> [WORK ITEM] This exercise calls for an exact copy of the data below.

> [RECORD SET]

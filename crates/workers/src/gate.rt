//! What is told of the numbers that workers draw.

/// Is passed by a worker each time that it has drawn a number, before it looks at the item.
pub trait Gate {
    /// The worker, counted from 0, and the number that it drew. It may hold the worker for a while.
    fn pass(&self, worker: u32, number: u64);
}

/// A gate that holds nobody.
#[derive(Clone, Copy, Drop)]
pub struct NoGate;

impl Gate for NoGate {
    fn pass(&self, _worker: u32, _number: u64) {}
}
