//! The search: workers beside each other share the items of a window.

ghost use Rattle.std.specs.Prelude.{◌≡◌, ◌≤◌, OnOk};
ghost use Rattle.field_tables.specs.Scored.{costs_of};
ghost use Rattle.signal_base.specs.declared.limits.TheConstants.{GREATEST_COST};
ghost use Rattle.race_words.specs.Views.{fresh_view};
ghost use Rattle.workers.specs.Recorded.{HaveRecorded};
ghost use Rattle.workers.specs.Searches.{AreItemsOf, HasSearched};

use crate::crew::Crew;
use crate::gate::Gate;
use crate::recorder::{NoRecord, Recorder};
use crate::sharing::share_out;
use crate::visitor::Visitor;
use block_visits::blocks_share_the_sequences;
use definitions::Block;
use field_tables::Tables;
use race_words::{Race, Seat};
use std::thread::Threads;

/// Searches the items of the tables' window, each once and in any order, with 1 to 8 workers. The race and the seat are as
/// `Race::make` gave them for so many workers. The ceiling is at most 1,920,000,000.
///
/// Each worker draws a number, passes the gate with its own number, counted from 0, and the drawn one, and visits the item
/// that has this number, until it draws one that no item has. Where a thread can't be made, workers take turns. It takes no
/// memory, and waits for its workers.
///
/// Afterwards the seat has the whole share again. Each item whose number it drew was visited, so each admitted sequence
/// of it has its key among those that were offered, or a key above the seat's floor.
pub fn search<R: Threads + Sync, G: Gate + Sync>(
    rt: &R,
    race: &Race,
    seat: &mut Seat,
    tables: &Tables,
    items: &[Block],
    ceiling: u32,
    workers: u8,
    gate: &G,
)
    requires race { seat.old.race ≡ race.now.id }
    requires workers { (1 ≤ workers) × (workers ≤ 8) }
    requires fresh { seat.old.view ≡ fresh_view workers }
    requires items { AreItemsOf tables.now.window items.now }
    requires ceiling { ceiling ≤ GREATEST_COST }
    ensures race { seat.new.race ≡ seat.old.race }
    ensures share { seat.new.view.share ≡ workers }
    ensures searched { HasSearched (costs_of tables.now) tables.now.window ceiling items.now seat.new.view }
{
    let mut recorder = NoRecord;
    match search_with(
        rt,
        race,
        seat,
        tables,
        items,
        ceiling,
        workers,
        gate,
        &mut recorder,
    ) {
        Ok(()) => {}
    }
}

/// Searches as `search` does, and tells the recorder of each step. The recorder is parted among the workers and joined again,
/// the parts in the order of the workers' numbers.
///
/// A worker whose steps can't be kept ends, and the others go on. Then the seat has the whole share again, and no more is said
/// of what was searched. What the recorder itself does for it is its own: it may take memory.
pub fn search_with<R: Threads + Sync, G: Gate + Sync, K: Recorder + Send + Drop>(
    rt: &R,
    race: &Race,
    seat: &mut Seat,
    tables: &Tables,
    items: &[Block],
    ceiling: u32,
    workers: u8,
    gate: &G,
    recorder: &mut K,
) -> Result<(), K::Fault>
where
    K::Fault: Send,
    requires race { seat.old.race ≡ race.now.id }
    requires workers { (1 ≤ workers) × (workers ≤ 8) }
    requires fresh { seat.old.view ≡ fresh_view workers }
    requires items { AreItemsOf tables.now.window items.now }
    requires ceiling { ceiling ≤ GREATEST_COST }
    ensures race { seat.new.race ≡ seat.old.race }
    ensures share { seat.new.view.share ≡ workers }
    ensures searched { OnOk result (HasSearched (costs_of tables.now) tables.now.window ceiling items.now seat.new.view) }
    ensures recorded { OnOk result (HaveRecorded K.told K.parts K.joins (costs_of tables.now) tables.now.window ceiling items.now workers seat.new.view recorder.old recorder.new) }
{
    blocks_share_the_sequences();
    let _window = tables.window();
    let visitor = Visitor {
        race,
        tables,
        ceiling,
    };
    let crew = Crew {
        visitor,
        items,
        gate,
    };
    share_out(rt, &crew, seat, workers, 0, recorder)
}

> [WRITTEN RESPONSE]
filename crates/workers/src/gate.rt
//! What is told of the numbers that workers draw.

/// Is passed by a worker each time that it has drawn a number, before it looks at the item.
pub trait Gate {
    /// The worker, counted from 0, and the number that it drew. It may hold the worker for a while.
    fn pass(&self, worker: u32, number: u64);
}

/// A gate that holds nobody.
#[derive(Clone, Copy, Drop)]
pub struct NoGate;

impl Gate for NoGate {
    fn pass(&self, _worker: u32, _number: u64) {}
}
//! The search: workers beside each other share the items of a window.

ghost use Rattle.std.specs.Prelude.{◌≡◌, ◌≤◌, OnOk};
ghost use Rattle.field_tables.specs.Scored.{costs_of};
ghost use Rattle.signal_base.specs.declared.limits.TheConstants.{GREATEST_COST};
ghost use Rattle.race_words.specs.Views.{fresh_view};
ghost use Rattle.workers.specs.Recorded.{HaveRecorded};
ghost use Rattle.workers.specs.Searches.{AreItemsOf, HasSearched};

use crate::crew::Crew;
use crate::gate::Gate;
use crate::recorder::{NoRecord, Recorder};
use crate::sharing::share_out;
use crate::visitor::Visitor;
use block_visits::blocks_share_the_sequences;
use definitions::Block;
use field_tables::Tables;
use race_words::{Race, Seat};
use std::thread::Threads;

/// Searches the items of the tables' window, each once and in any order, with 1 to 8 workers. The race and the seat are as
/// `Race::make` gave them for so many workers. The ceiling is at most 1,920,000,000.
///
/// Each worker draws a number, passes the gate with its own number, counted from 0, and the drawn one, and visits the item
/// that has this number, until it draws one that no item has. Where a thread can't be made, workers take turns. It takes no
/// memory, and waits for its workers.
///
/// Afterwards the seat has the whole share again. Each item whose number it drew was visited, so each admitted sequence
/// of it has its key among those that were offered, or a key above the seat's floor.
pub fn search<R: Threads + Sync, G: Gate + Sync>(
    rt: &R,
    race: &Race,
    seat: &mut Seat,
    tables: &Tables,
    items: &[Block],
    ceiling: u32,
    workers: u8,
    gate: &G,
)
    requires race { seat.old.race ≡ race.now.id }
    requires workers { (1 ≤ workers) × (workers ≤ 8) }
    requires fresh { seat.old.view ≡ fresh_view workers }
    requires items { AreItemsOf tables.now.window items.now }
    requires ceiling { ceiling ≤ GREATEST_COST }
    ensures race { seat.new.race ≡ seat.old.race }
    ensures share { seat.new.view.share ≡ workers }
    ensures searched { HasSearched (costs_of tables.now) tables.now.window ceiling items.now seat.new.view }
{
    let mut recorder = NoRecord;
    match search_with(
        rt,
        race,
        seat,
        tables,
        items,
        ceiling,
        workers,
        gate,
        &mut recorder,
    ) {
        Ok(()) => {}
    }
}

/// Searches as `search` does, and tells the recorder of each step. The recorder is parted among the workers and joined again,
/// the parts in the order of the workers' numbers.
///
/// A worker whose steps can't be kept ends, and the others go on. Then the seat has the whole share again, and no more is said
/// of what was searched. What the recorder itself does for it is its own: it may take memory.
pub fn search_with<R: Threads + Sync, G: Gate + Sync, K: Recorder + Send + Drop>(
    rt: &R,
    race: &Race,
    seat: &mut Seat,
    tables: &Tables,
    items: &[Block],
    ceiling: u32,
    workers: u8,
    gate: &G,
    recorder: &mut K,
) -> Result<(), K::Fault>
where
    K::Fault: Send,
    requires race { seat.old.race ≡ race.now.id }
    requires workers { (1 ≤ workers) × (workers ≤ 8) }
    requires fresh { seat.old.view ≡ fresh_view workers }
    requires items { AreItemsOf tables.now.window items.now }
    requires ceiling { ceiling ≤ GREATEST_COST }
    ensures race { seat.new.race ≡ seat.old.race }
    ensures share { seat.new.view.share ≡ workers }
    ensures searched { OnOk result (HasSearched (costs_of tables.now) tables.now.window ceiling items.now seat.new.view) }
    ensures recorded { OnOk result (HaveRecorded K.told K.parts K.joins (costs_of tables.now) tables.now.window ceiling items.now workers seat.new.view recorder.old recorder.new) }
{
    blocks_share_the_sequences();
    let _window = tables.window();
    let visitor = Visitor {
        race,
        tables,
        ceiling,
    };
    let crew = Crew {
        visitor,
        items,
        gate,
    };
    share_out(rt, &crew, seat, workers, 0, recorder)
}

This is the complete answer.